Il racconto, tratteggiato senza orpelli, ma con stile fluido ed essenziale, proietta un treno in corsa, direzione Roma, rallentato dalla tempesta Ciara, in cui i viaggiatori “disagiati” diventano metafora profetica di un futuro impervio, la pandemia da Covid-19, tratteggiata di solitudine e fobie, scuole chiuse, mancanza di affetti e vagheggi di una nuova Primavera da conquistare.

Chi narra è principalmente Cesare, giornalista in pensione, nostalgico dei suoi anni ruggenti, che riaffiorano alla vista di quattro giovani seduti nel vagone di fronte a lui, in un treno deserto, che nel pieno dei loro anni, traboccanti di sogni, permettono a Cesare di constatare e chiedersi, quanto e in che modo quella nuova generazione possa fare la differenza rispetto alla sua, segnando una “frattura”, da cui si spera, possa ricomporsi il futuro. Tra Cesare, Sonia, Adriana, Giannerico e Olimpia nasce un’amicizia, non “di facciata” o per uno scambio di favore, ma un “sentimento” vero, simmetria ricomposta da un “cuore che batte forte”. Il divario generazionale scompare, e tra Cesare e i giovani si annulla lo sbilanciamento di due epoche. 

Fra le pagine, in cui si alternano ricordi, chat, rimandi letterari, racconti di vita vissuta, si addentra la riflessione commossa di una fisionomia molteplice di protagonisti, che in un balzo temporale escono da un annus horribilis, per ritrovarsi in un 2035 vitalistico e speranzoso.
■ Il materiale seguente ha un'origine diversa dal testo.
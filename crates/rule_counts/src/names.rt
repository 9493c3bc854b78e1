//! The rules that can answer.

ghost use Rattle.std.specs.Prelude.{◌≡◌, ◌≤◌, length, map};
ghost use Rattle.rule_counts.specs.Names.{answering_rules};
ghost use Rattle.rule_counts.specs.Counting.{place_in};

/// How many rules can answer.
pub(crate) const RULE_COUNT: usize = 85;

const RULES: [&str; RULE_COUNT] = [
    "lines.none",
    "packets.shown",
    "sending.malformed",
    "sending.plain",
    "sending.insecure",
    "sending.key",
    "sending.unfinished",
    "sending.sync",
    "sending.worn",
    "sending.sealed",
    "arriving.plain",
    "arriving.malformed",
    "arriving.stream",
    "arriving.insecure",
    "arriving.keyed",
    "arriving.key",
    "arriving.unit",
    "arriving.held",
    "arriving.tag",
    "arriving.order",
    "arriving.accepted",
    "arriving.effects",
    "slots.status",
    "operations.begin",
    "operations.lost",
    "operations.busy",
    "operations.establish",
    "operations.refresh",
    "operations.device",
    "reset",
    "interfaces.write",
    "interfaces.flr",
    "interfaces.firmware",
    "views.lock",
    "views.report",
    "views.start",
    "views.halt",
    "views.bind",
    "views.unbind",
    "views.state",
    "views.lost",
    "views.device",
    "views.shown",
    "memory.trusted",
    "memory.running",
    "memory.stream",
    "memory.floor",
    "memory.region",
    "memory.page",
    "memory.bytes",
    "memory.shown",
    "reads.queued",
    "reads.granted",
    "reads.placed",
    "reads.full",
    "answers.link",
    "answers.empty",
    "answers.running",
    "answers.stream",
    "answers.floor",
    "answers.refresh",
    "answers.refused",
    "answers.sealed",
    "mmio.page",
    "mmio.trusted",
    "mmio.running",
    "mmio.stream",
    "mmio.floor",
    "mmio.bytes",
    "mmio.shown",
    "responses.link",
    "responses.empty",
    "responses.moved",
    "responses.trusted",
    "responses.running",
    "responses.stream",
    "responses.floor",
    "responses.refresh",
    "responses.refused",
    "responses.sealed",
    "peers.operations",
    "hops.operations",
    "hops.through",
    "hops.waiting",
    "hops.forward",
];

/// The rules that can answer an event, or an effect of a packet, in the order of docs/RULES.md.
pub(crate) fn rules() -> &'static [&'static str]
    ensures { map (λ s. s.now) result.now ≡ answering_rules }
{
    &RULES
}

/// The place of a rule among these, from 0, or how many there are if it is none of them.
pub(crate) fn place_in(names: &[&str], rule: &str) -> usize
    ensures place { result ≡ place_in (map (λ s. s.now) names.now) rule.now }
    ensures most { result ≤ length names.now }
{
    for (i, name) in names.iter().enumerate() {
        if *name == rule {
            return i;
        }
    }
    names.len()
}
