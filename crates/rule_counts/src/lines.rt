//! The lines that tell of rules.

ghost use Rattle.std.specs.Prelude.{◌≡◌, ◌++◌, ◌≤◌, [], IfOk, OnOk, drop, length, map, string_bytes};
ghost use Rattle.std.specs.Fmt.{decimal};
ghost use Rattle.ide_types.specs.{joined_words};
ghost use Rattle.rule_counts.specs.Lines.{count_lines, counts_shown, rule_count_line, told_line};

use crate::coverage::Coverage;
use crate::names::rules;
use ide_types::{Bytes, OutOfMemory};
use std::alloc::{AllocError, Global};

// Room for the lines of all rules.
const COUNTS_ROOM: usize = 4096;

// Room for most lines of an event.
const LINE_ROOM: usize = 64;

fn push_count(text: &mut String, rule: &str, count: u64) -> Result<(), AllocError>
    ensures { OnOk result (string_bytes text.new ≡ string_bytes text.old ++ rule_count_line rule.now count) }
{
    write!(text, "rule {rule} {count}\n")
}

// A line for each rule that has a count.
fn push_counts(text: &mut String, names: &[&'static str], counts: &[u64]) -> Result<(), AllocError>
    ensures { OnOk result (string_bytes text.new ≡ string_bytes text.old
        ++ count_lines (map (λ s. s.now) names.now) counts.now) }
{
    for (i, name) in names.iter().enumerate() {
        if i >= counts.len() {
            return Ok(());
        }
        push_count(text, *name, counts[i])?;
    }
    Ok(())
}

/// A line for each rule that can answer, in the order of docs/RULES.md, with how often it was told, and one of the
/// forgeries.
pub fn counts_text(alloc: Global, coverage: &Coverage) -> Result<Bytes, OutOfMemory>
    ensures { IfOk result (λ text. text ≡ counts_shown coverage.now) }
{
    let mut text = String::with_capacity(alloc, COUNTS_ROOM)?;
    push_counts(&mut text, rules(), coverage.counts())?;
    let forged = coverage.forged();
    write!(text, "forged {forged}\n")?;
    Ok(Bytes::new(text.into_bytes()))
}

fn push_rules(text: &mut String, told: &[&'static str]) -> Result<(), AllocError>
    ensures { OnOk result (string_bytes text.new ++ joined_words [] ≡ string_bytes text.old
        ++ joined_words (map (λ s. s.now) told.now)) }
{
    for rule in told {
        write!(text, " {rule}")?;
    }
    Ok(())
}

/// The line of an event of this number: the rules that are told of it.
pub fn rules_line(alloc: Global, number: u64, told: &[&'static str]) -> Result<Bytes, OutOfMemory>
    ensures { IfOk result (λ text. text ≡ told_line number (map (λ s. s.now) told.now)) }
{
    let mut text = String::with_capacity(alloc, LINE_ROOM)?;
    write!(text, "{number}")?;
    push_rules(&mut text, told)?;
    text.push_str("\n")?;
    Ok(Bytes::new(text.into_bytes()))
}
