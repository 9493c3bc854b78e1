//! Sub-streams, as an end receives them.

ghost use Rattle.std.specs.Prelude.{◌≡◌, ◌==◌, ◌&&◌, ◌<◌, ◌≤◌, ◌^◌, count_by, length};
ghost use Rattle.spec_links.specs.History.{sub_stream_of};
ghost use Rattle.spec_links.specs.Plan.{is_same, lane_in};
ghost use Rattle.rule_counts.specs.Units.{ends_between, is_described_under, is_partner};

use event_verdicts::SealedPacket;
use ide_types::{PortName, Side, SubKind};

/// The sub-stream of a stream in the direction in which an end receives it.
#[derive(Clone, Copy)]
pub(crate) struct Lane {
    pub end: PortName,
    pub stream: u8,
    pub sub: SubKind,
}

// Whether these are the two ends of one line.
fn are_partners(one: PortName, other: PortName) -> bool
    ensures { result ≡ is_partner one other }
{
    one.line == other.line
        && match one.side {
            Side::Host => matches!(other.side, Side::Device),
            Side::Device => matches!(other.side, Side::Host),
        }
}

impl Lane {
    /// Whether a packet was sealed in the sub-stream.
    fn has(&self, packet: &SealedPacket) -> bool
        ensures { result ≡ is_same (sub_stream_of packet.now) (lane_in self.now.end self.now.stream self.now.sub) }
    {
        are_partners(packet.port, self.end)
            && packet.stream == self.stream
            && packet.sub.number() == self.sub.number()
    }

    /// Whether it was sealed there under the key of a draw.
    pub(crate) fn has_under(&self, draw: u32, packet: &SealedPacket) -> bool
        ensures { result ≡ is_described_under (lane_in self.now.end self.now.stream self.now.sub) draw packet.now }
    {
        self.has(packet) && packet.draw == draw
    }

    // Whether it ended a unit there under a draw from one on, below another.
    fn has_end(&self, from: u32, below: u32, packet: &SealedPacket) -> bool
        ensures { result ≡ ends_between (lane_in self.now.end self.now.stream self.now.sub) from below packet.now }
    {
        self.has(packet) && from <= packet.draw && packet.draw < below && packet.m
    }

    /// How many units these packets ended there under draws from one on, below another.
    pub(crate) fn units_between(&self, from: u32, below: u32, packets: &[SealedPacket]) -> u64
        ensures units { result ≡ count_by (ends_between (lane_in self.now.end self.now.stream self.now.sub) from below)
            packets.now }
        ensures most { result ≤ length packets.now }
    {
        let mut units = 0;
        for packet in packets {
            if self.has_end(from, below, packet) {
                units += 1;
            }
        }
        units
    }
}
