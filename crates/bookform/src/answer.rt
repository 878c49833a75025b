// What a call answers: a refusal, and the answer of a query from its marks.
ghost use Rattle.std.specs.Prelude.{◌≡◌, ◌<◌, length};
ghost use Rattle.sorts.specs.Numbers.{number_of};
ghost use Rattle.bookform.specs.Answers.{answer_at};
ghost use Rattle.bookform.specs.Inner.Answering.{refused_with, queried};

use crate::Book;
use marks::Counts;
use rows::Table;
use sorts::{Concl, Number, Refusal};

// What a call answers: document 01 counts a refusal among the answers.
#[derive(Clone, Copy)]
pub enum Answer {
    Permitted,
    Open,
    NotPermitted,
    Changed(Counts),
    Previewed(Counts),
    Refused(Refusal),
}

// The book that a call leaves, its answer, and the bytes of the record used.
#[derive(Clone, Copy)]
pub struct Answered {
    pub book: Book,
    pub answer: Answer,
    pub used: usize,
}

// A refusal: the book stays.
pub fn refuse(b: Book, k: Refusal, used: usize) -> Answered
    ensures { result ≡ refused_with b k used }
{
    Answered {
        book: b,
        answer: Answer::Refused(k),
        used,
    }
}

// The answer for a closed conclusion, from its marks: the second is read only where the first is 0. They are slices, since the number alone
// must be below their length: an array would ask more.
// Three of the answers to a call: an enum of the three would be turned into an `Answer` at once.
pub fn answer_for(c: Concl, marks: &[u8], second: &[u8]) -> Answer
    requires { (number_of c < length marks.now) × (number_of c < length second.now) }
    ensures { result ≡ answer_at marks.now second.now (number_of c) }
{
    let i = Number::from(c).truth();
    if marks[i] == 1 {
        return Answer::Permitted;
    }
    if second[i] == 1 {
        Answer::Open
    } else {
        Answer::NotPermitted
    }
}

// qu: the book with the record's grants numbered, and the answer for the conclusion.
pub fn query(b: Book, t: Table, c: Concl, marks: &[u8], second: &[u8]) -> (Book, Answer)
    requires { (number_of c < length marks.now) × (number_of c < length second.now) }
    ensures { result ≡ queried b t c marks.now second.now }
{
    (Book { table: t, ..b }, answer_for(c, marks, second))
}
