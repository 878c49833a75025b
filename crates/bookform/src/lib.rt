// A book, a fresh one, and whether a book that is lent is in form.
#![tactic(auto)]

pub mod answer;
pub mod flags;

ghost use Rattle.std.specs.Prelude.{◌≡◌};
ghost use Rattle.sorts.specs.Decides.{Decides};
ghost use Rattle.bookform.specs.Books.{fresh_book, MarksForm, BookForm};

use crate::flags::changes;
use marks::bits;
use rows::Table;
use sorts::{Number, Row, Status};

// The grant table, and how each of its grants stands: the flags of each row. A flag is a byte, since a book that is lent may hold any.
#[derive(Clone, Copy)]
pub struct Book {
    pub table: Table,
    pub flags: [u8; Status::ALL],
}

impl Book {
    // A fresh book.
    pub fn new() -> Book
        ensures { result ≡ fresh_book }
    {
        let rows = [Row::blank(); Table::ROWS];
        Book {
            table: Table { rows, count: 0 },
            flags: [0; Status::ALL],
        }
    }
}

// Whether marks that are lent are as many as there are, each 0 or 1.
fn marks_ok(marks: &[u8]) -> bool
    ensures { Decides result (MarksForm marks.now) }
{
    if marks.len() != Number::MARKS {
        return false;
    }
    bits::bits(marks)
}

// Whether the book and the two buffers of marks lent with it are in form.
pub fn in_form(b: Book, marks: &[u8], second: &[u8]) -> bool
    ensures { Decides result (BookForm b marks.now second.now) }
{
    marks_ok(marks)
        && marks_ok(second)
        && form::table_in_form(b.table)
        && ascending::conditions_ascend(b.table)
        && bits::bits(&b.flags)
        && bits::zero_from(&b.flags, Status::FLAGS * b.table.count)
        && changes::apart(&b.flags, b.table.count)
}
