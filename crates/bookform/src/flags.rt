// The flags of a book: as they change, and with every provisional licence taken as firm.
pub mod changes;

ghost use Rattle.std.specs.Prelude.{◌≡◌, ◌<◌};
ghost use Rattle.sorts.specs.Decides.{Decides};
ghost use Rattle.sorts.specs.Numbers.{grants};
ghost use Rattle.sorts.specs.Flags.{all_flags};
ghost use Rattle.bookform.specs.Both.{both_at, both_flags, FirmOnly};
ghost use Rattle.bookform.specs.Inner.Rows.{FirmAt};

use sorts::{GrantNo, Prin, Status};

// The flag at place i: of a principal's licence the larger of its two flags, firm and provisional, else the flag itself.
fn both_at(flags: &[u8; Status::ALL], i: usize) -> u8
    requires { i < all_flags }
    ensures { result ≡ both_at flags.now i }
{
    let j = i % Status::FLAGS;
    if j == 0 {
        return flags[i];
    }
    if Status::FIRM <= j {
        return flags[i];
    }
    flags[i].max(flags[i + Prin::SPEAKERS as usize])
}

// All flags so.
pub fn with_provisional(flags: [u8; Status::ALL]) -> [u8; Status::ALL]
    ensures { result ≡ both_flags flags }
{
    let mut both = flags;
    for i in 0..Status::ALL {
        both[i] = both_at(&flags, i);
    }
    both
}

// Whether no licence with the grant is provisional.
fn firm_at(flags: &[u8; Status::ALL], no: GrantNo) -> bool
    requires { no.0 < grants }
    ensures { Decides result (FirmAt flags.now no.0) }
{
    (0..Prin::SPEAKERS).all(|p| flags[Status::Provisional(Prin(p)).flag_place(no)] == 0)
}

// Whether no licence is provisional.
pub fn firm_only(flags: &[u8; Status::ALL]) -> bool
    ensures { Decides result (FirmOnly flags.now) }
{
    (0..GrantNo::COUNT).all(|g| firm_at(flags, GrantNo(g)))
}
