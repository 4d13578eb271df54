// Rows as they are written, from the front, with room kept for all that is still owed.
ghost use Rattle.std.specs.Prelude.{◌≡◌, ◌↔◌, true, cond, ◌+◌, ◌<◌, ◌≤◌, length, [], ◌∷◌, ◌++◌, option_to_list};
ghost use Rattle.arrayvec.specs.ArrayVec.{array_vec_len};
ghost use Rattle.texts.specs.Owed.{Written, Opened, RoomFor};
ghost use Rattle.texts.specs.declared.spell.Leaf.TheVariants.{Me};
ghost use Rattle.texts.specs.Spelled.{head_row, instead_of, leaf_row, operation_row, parts_in};

use crate::spell::{Head, Leaf, Words};
use arrayvec::ArrayVec;
use model::Op;

/// How many words a page has.
pub const MOST: usize = 2048;

/// The words so far, and how many parts of what was begun are still owed. A part takes a word at least, and each that is
/// owed has one set aside; so whatever is begun can be brought to its end.
// That a part is owed is asked by each method, and is no invariant, since of a page that is done nothing is owed.
#[derive(Debug, PartialEq, Drop)]
pub struct Page {
    words: ArrayVec<u32, MOST>,
    owed: usize,
    ghost room: { array_vec_len words + owed ≤ 2048 },
}

impl Page {
    /// A text with so many variables begins: its statement is owed.
    pub fn begin(variables: u32) -> Page
        ensures words { result.words.items ≡ variables ∷ [] }
        ensures owed { result.owed ≡ 1 }
    {
        let mut words = ArrayVec::new();
        words.push(variables);
        Page { words, owed: 1 }
    }

    /// One word of what is owed.
    fn word(&mut self, word: u32)
        requires { 0 < self.old.owed }
        ensures words { self.new.words.items ≡ self.old.words.items ++ word ∷ [] }
        ensures owed { Written self.old.owed self.new.owed }
    {
        self.owed -= 1;
        self.words.push(word);
    }

    /// Whether there was room for words and for so many parts behind them. Where there is none, nothing is written.
    fn put(&mut self, words: Words, parts: u8) -> bool
        requires { 0 < self.old.owed }
        ensures room { result ≡ true ↔ RoomFor (words.0 ∷ option_to_list words.1) parts (array_vec_len self.old.words) self.old.owed }
        ensures words { self.new.words.items ≡ self.old.words.items ++ cond result (words.0 ∷ option_to_list words.1) [] }
        ensures owed { self.new.owed + cond result 1 0 ≡ self.old.owed + cond result parts 0 }
    {
        let (first, second) = words;
        let more = usize::from(parts) + usize::from(second.is_some());
        let fits = more <= self.words.remaining_capacity() - self.owed;
        if fits {
            self.word(first);
            self.owed += more;
            if let Some(second) = second {
                self.word(second);
            }
        }
        fits
    }

    /// A part with no part in it. Where there is no room for both its words, it is `me`.
    pub fn leaf(&mut self, leaf: Leaf)
        requires { 0 < self.old.owed }
        ensures words { RoomFor (leaf_row leaf) 0 (array_vec_len self.old.words) self.old.owed → self.new.words.items ≡ self.old.words.items ++ leaf_row leaf }
        ensures full { (RoomFor (leaf_row leaf) 0 (array_vec_len self.old.words) self.old.owed → ⊥) → self.new.words.items ≡ self.old.words.items ++ leaf_row Me }
        ensures owed { Written self.old.owed self.new.owed }
    {
        if !self.put(leaf.words(), 0) {
            let (me, _) = Leaf::Me.words();
            self.word(me);
        }
    }

    /// A part begins, and whether there was room for what is in it: that is to follow. Where there is none, the part is
    /// `me` or `nothing`.
    pub fn open(&mut self, head: Head) -> bool
        requires { 0 < self.old.owed }
        ensures room { result ≡ true ↔ RoomFor (head_row head) (parts_in head) (array_vec_len self.old.words) self.old.owed }
        ensures words { self.new.words.items ≡ self.old.words.items ++ cond result (head_row head) (leaf_row (instead_of head)) }
        ensures owed { Opened (parts_in head) self.old.owed self.new.owed result }
    {
        let opened = self.put(head.words(), head.parts());
        if !opened {
            self.leaf(head.instead());
        }
        opened
    }

    /// An operation on two expressions with no part in them.
    pub fn operation(&mut self, op: Op, left: Leaf, right: Leaf)
        requires { 0 < self.old.owed }
        ensures words { RoomFor (operation_row op left right) 0 (array_vec_len self.old.words) self.old.owed → self.new.words.items ≡ self.old.words.items ++ operation_row op left right }
        ensures owed { Written self.old.owed self.new.owed }
    {
        if self.open(Head::Operation(op)) {
            self.leaf(left);
            self.leaf(right);
        }
    }

    /// The rows so far.
    pub fn rows(&self) -> &[u32]
        ensures value { result.now ≡ self.now.words.items }
        ensures bound { length result.now ≤ 2048 }
    {
        self.words.as_slice()
    }
}
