// Who writes a text by chance. What is written stands in the files beside this one: expressions, touches, parts, stretches.
// Each method says for itself that it writes a part that was owed: a trait that says it once would want a type for each, and it
// is no invariant, since of a page that is done nothing is owed.
// What is written next is a `match` on a drawn number, with its chances: a table of closures would say this contract again.
use crate::page::Page;
use crate::plan::Plan;
use kernel::draw::Draw;

/// The page that is written on, where numbers are drawn from, and what the text is made for.
#[derive(Drop)]
pub struct Author<'a> {
    pub page: Page,
    pub draw: &'a mut Draw,
    pub plan: Plan,
}
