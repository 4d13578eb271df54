// Texts by chance, made so that about half of them are even although their threads touch the memory a lot.
//
// Rows are written in prefix order on a page of a fixed size. Proved is that whatever is begun comes to its end on the
// page: each function that writes a part lowers what is owed by one, and the page always has room for what is owed; and
// that a part begins with the words of its row. That the rows are then a text is not proved; whoever runs them sees it.
#![tactic(auto)]

mod author;
pub mod case;
mod chance;
mod expression;
mod page;
mod part;
mod plan;
mod spell;
mod stretch;
mod touch;

pub use page::MOST;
È questo il potere dell’arte, del “più oltre” della scrittura, in cui la forza comunicativa dei personaggi, che non rimangono in cerca d’autore, veicola valori positivi e possibili, apre i cassetti dei desideri di tanti italiani, da cui aleggiano i sintomi del benessere che oggi tutti agogniamo.

Un grande romanzo sul potere dell’età passata “Orgoglio e sentimento”, in cui l’ammutinamento di un Paese, il depauperamento di un’Italia con sempre più “cervelli in fuga”, è stata giocata a tavolino da scelte politiche sbagliate, da un’indifferenza che ha finito per sporcare le coscienze e generare una spoliazione di giovani. 

Dalla prosa immediata di Cosmi sembra generarsi l’humus da cui nasce l’impegno della scrittura e in cui è possibile entrarvi dentro come in un vetro limpido – direbbe Volponi – ove si proietta un immaginario di verità azzoppate dall’ingranaggio troppo spietato del capitalismo.

Questo romanzo, epocale e profetico, è un inno al nostro Paese ferito, e nel suo rigurgito verbale innovativo e dalla lettura non sempre scorrevole, dalla “molteplicità potenziale” per dirla con Calvino, semina idee per rimarginare delle percosse troppo grandi e profonde, ricomparse proprio di fronte all’emergenza sanitaria.

“Orgoglio e sentimento” auspica di “rifare l’Italia”, evitando le pericolose partite di potere, lo smarrimento per gli interessi di parte, per lottare equamente, attirare soldi, idee, ricercatori stranieri, educando la gente alla bellezza, facendo sì che anche una donna possa diventare il Capo di Stato della Repubblica Italiana. È un romanzo che snoda i noccioli essenziali di un futuro migliore, forse troppo utopico, ma che dal disagio al potere possa dare vita a un’Italia del merito, della cultura, dei talenti, dell’uguaglianza e del coraggio di una svolta storica.